# [Stored items]
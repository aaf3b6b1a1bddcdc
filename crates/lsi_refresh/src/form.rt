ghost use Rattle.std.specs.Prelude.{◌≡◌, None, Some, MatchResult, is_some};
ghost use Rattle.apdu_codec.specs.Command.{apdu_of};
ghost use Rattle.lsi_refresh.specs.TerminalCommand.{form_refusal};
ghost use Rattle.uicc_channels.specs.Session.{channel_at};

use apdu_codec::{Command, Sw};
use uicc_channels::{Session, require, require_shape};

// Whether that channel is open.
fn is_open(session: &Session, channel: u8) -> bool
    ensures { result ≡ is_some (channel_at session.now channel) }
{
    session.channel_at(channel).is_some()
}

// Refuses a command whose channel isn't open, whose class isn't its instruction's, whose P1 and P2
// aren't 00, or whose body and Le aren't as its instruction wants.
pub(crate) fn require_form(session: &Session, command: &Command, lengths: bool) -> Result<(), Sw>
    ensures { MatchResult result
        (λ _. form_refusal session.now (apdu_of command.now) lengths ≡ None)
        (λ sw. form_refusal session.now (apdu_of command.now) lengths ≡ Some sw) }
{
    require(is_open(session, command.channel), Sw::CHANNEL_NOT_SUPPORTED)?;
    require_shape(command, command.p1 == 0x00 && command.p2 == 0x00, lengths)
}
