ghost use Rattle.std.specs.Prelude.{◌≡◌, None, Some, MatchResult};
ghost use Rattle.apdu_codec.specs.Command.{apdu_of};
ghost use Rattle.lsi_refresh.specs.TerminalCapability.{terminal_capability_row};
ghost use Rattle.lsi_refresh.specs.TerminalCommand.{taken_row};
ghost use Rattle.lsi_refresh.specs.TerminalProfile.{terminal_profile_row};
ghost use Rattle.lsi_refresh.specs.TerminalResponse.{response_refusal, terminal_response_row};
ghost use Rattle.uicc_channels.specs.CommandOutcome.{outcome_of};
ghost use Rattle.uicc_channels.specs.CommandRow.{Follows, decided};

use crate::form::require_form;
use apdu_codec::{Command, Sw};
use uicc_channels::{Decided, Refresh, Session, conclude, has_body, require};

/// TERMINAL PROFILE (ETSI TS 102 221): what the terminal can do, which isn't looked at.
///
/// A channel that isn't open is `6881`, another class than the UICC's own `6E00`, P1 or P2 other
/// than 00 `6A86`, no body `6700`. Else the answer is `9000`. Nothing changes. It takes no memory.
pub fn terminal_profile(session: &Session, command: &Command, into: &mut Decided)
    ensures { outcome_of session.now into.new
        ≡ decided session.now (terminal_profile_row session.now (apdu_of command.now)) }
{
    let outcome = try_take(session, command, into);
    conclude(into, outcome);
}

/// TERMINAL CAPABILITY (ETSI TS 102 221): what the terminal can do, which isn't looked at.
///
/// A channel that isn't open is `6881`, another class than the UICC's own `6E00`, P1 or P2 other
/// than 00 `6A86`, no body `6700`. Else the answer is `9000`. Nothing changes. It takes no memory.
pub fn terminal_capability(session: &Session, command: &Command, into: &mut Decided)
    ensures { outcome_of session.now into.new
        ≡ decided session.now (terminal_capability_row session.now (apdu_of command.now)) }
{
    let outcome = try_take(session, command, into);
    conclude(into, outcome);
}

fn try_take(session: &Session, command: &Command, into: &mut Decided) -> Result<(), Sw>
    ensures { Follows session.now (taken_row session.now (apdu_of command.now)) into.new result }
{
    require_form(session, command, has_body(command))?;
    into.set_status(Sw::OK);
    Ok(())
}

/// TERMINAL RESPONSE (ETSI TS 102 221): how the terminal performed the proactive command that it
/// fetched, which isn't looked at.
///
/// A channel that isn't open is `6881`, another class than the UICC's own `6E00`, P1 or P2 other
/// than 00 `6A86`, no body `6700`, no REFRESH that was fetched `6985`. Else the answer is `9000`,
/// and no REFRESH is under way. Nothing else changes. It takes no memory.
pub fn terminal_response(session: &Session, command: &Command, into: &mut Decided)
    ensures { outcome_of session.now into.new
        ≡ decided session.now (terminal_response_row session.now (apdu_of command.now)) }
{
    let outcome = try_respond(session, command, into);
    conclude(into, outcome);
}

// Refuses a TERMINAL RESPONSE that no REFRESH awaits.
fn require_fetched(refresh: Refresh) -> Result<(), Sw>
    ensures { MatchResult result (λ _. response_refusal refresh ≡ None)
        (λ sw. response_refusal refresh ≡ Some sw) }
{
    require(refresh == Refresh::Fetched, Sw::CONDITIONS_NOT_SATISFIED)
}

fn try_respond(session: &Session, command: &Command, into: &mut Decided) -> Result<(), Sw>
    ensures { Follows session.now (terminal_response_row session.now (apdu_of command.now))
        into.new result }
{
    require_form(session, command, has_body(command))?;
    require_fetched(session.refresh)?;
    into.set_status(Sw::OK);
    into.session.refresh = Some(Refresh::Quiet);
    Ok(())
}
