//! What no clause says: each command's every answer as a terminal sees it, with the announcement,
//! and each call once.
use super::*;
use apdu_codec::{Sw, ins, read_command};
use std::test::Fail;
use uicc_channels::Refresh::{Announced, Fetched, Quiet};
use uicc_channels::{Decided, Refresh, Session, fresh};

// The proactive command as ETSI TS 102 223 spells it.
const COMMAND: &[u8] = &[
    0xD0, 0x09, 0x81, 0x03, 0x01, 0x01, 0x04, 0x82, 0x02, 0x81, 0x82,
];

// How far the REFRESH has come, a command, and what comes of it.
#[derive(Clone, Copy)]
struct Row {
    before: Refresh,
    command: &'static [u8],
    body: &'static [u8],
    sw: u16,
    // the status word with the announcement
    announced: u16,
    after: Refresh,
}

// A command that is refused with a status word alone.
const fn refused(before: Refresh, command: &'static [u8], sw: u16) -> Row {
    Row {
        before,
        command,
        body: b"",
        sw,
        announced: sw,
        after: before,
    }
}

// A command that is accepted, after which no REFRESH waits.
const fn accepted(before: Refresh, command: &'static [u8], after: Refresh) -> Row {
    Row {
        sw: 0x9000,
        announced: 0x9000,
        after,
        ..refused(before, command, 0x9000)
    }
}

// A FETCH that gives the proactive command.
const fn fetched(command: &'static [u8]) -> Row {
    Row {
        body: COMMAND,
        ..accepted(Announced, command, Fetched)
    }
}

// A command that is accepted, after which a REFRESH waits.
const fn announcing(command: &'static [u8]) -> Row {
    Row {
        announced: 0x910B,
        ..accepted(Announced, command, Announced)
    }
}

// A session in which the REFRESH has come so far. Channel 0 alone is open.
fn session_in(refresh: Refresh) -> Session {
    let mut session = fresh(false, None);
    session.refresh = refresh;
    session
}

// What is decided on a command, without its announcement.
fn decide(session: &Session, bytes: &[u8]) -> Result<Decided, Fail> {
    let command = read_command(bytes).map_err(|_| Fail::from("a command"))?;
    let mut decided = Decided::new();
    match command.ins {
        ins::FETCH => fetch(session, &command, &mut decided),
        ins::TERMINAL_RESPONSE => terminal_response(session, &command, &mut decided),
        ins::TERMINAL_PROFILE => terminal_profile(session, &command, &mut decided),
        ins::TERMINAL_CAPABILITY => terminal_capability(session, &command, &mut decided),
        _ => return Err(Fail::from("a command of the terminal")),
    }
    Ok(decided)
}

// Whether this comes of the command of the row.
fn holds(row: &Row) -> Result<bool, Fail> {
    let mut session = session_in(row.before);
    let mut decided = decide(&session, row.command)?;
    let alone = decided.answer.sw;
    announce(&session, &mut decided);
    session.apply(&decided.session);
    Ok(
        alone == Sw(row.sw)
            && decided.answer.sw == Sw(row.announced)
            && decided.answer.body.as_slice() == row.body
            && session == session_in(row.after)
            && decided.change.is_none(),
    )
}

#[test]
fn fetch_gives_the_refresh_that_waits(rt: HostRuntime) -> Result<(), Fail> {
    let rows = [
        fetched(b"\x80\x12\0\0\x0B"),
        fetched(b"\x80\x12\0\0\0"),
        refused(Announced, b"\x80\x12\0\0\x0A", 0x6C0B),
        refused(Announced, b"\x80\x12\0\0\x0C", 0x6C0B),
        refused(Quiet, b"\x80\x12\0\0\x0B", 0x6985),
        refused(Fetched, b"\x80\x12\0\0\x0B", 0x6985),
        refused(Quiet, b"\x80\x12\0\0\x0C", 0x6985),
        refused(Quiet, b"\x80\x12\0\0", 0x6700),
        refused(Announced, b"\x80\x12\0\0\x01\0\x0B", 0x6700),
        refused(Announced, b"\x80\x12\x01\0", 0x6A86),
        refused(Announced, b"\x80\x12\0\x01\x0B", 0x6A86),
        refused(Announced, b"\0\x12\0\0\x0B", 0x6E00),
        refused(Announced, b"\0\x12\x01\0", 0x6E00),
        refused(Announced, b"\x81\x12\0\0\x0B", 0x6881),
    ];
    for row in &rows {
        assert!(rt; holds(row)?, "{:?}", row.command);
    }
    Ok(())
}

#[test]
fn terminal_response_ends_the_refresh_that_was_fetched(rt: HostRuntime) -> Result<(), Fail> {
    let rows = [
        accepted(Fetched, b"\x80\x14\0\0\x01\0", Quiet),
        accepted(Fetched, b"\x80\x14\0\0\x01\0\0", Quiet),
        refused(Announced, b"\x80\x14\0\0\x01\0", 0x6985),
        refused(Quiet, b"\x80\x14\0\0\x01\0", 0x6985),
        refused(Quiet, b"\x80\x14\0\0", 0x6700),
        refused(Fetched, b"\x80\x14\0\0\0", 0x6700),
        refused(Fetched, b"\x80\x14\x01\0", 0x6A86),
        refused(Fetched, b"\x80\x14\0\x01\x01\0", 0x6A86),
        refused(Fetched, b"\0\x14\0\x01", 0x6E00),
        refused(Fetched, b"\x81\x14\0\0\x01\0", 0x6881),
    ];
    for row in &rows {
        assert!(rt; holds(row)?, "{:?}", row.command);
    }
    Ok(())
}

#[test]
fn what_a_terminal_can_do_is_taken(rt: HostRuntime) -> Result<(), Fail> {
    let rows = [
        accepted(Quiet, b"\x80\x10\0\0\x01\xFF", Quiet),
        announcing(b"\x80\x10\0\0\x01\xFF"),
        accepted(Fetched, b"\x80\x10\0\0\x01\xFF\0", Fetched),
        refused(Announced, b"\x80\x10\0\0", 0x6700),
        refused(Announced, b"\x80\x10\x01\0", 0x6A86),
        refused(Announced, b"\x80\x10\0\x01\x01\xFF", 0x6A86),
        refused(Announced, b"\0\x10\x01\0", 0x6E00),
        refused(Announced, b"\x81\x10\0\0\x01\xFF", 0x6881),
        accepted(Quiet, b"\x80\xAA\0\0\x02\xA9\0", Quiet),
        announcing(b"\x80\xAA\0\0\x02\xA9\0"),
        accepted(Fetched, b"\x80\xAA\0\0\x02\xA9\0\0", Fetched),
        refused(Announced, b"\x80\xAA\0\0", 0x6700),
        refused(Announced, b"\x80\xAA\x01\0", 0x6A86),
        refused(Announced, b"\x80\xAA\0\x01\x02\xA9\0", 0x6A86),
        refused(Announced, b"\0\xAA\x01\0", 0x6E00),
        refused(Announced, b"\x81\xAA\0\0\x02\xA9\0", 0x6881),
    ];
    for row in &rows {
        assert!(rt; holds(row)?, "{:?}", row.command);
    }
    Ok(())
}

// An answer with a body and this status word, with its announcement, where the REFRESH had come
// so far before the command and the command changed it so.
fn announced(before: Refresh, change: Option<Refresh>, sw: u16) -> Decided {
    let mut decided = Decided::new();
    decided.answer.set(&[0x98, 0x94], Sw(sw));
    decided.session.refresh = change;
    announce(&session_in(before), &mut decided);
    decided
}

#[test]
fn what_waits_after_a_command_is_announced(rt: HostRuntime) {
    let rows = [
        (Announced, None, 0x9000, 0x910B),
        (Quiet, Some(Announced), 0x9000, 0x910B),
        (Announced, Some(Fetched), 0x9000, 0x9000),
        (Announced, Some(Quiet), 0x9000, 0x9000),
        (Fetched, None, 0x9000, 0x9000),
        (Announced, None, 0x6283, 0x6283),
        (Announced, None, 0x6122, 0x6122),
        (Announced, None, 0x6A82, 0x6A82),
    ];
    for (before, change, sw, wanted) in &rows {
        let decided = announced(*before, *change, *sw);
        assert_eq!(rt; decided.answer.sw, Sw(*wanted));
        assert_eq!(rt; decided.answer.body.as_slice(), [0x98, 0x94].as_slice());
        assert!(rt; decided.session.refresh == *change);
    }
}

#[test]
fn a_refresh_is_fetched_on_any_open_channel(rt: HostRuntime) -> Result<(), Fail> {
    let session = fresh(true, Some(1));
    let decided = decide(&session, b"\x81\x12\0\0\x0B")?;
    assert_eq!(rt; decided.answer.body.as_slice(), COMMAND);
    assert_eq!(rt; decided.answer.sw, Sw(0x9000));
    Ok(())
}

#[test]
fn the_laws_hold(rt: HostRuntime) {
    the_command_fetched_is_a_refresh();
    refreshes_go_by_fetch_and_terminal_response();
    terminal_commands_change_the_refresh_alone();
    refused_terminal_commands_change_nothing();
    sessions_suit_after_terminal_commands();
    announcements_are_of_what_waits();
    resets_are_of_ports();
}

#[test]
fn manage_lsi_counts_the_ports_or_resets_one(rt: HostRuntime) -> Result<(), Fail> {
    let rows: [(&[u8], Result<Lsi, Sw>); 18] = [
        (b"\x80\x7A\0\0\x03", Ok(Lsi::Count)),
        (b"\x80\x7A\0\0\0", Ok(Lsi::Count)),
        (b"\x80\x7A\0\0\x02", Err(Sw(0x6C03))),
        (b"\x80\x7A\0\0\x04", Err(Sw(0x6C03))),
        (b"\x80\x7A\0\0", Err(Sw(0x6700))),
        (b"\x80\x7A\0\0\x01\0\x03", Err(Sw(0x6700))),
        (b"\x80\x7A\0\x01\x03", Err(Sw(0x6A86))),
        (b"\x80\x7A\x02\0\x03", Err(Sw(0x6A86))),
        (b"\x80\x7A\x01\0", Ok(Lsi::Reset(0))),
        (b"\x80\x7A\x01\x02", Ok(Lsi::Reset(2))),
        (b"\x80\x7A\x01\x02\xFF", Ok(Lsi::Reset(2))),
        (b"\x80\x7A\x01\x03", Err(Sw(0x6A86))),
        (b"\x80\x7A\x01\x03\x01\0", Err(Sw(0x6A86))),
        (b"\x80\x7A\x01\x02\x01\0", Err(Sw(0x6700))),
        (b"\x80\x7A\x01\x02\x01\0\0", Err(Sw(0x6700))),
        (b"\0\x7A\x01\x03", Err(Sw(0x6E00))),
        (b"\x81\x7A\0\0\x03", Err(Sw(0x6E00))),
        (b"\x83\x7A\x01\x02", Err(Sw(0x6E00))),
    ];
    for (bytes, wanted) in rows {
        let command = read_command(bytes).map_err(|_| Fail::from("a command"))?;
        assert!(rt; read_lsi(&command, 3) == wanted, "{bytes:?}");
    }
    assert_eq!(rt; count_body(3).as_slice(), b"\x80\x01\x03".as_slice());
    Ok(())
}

# [What you have to do]
Where a line of the entries contains the word "wanted", count it, then state the total and nothing else.

# [Exercise solution]
4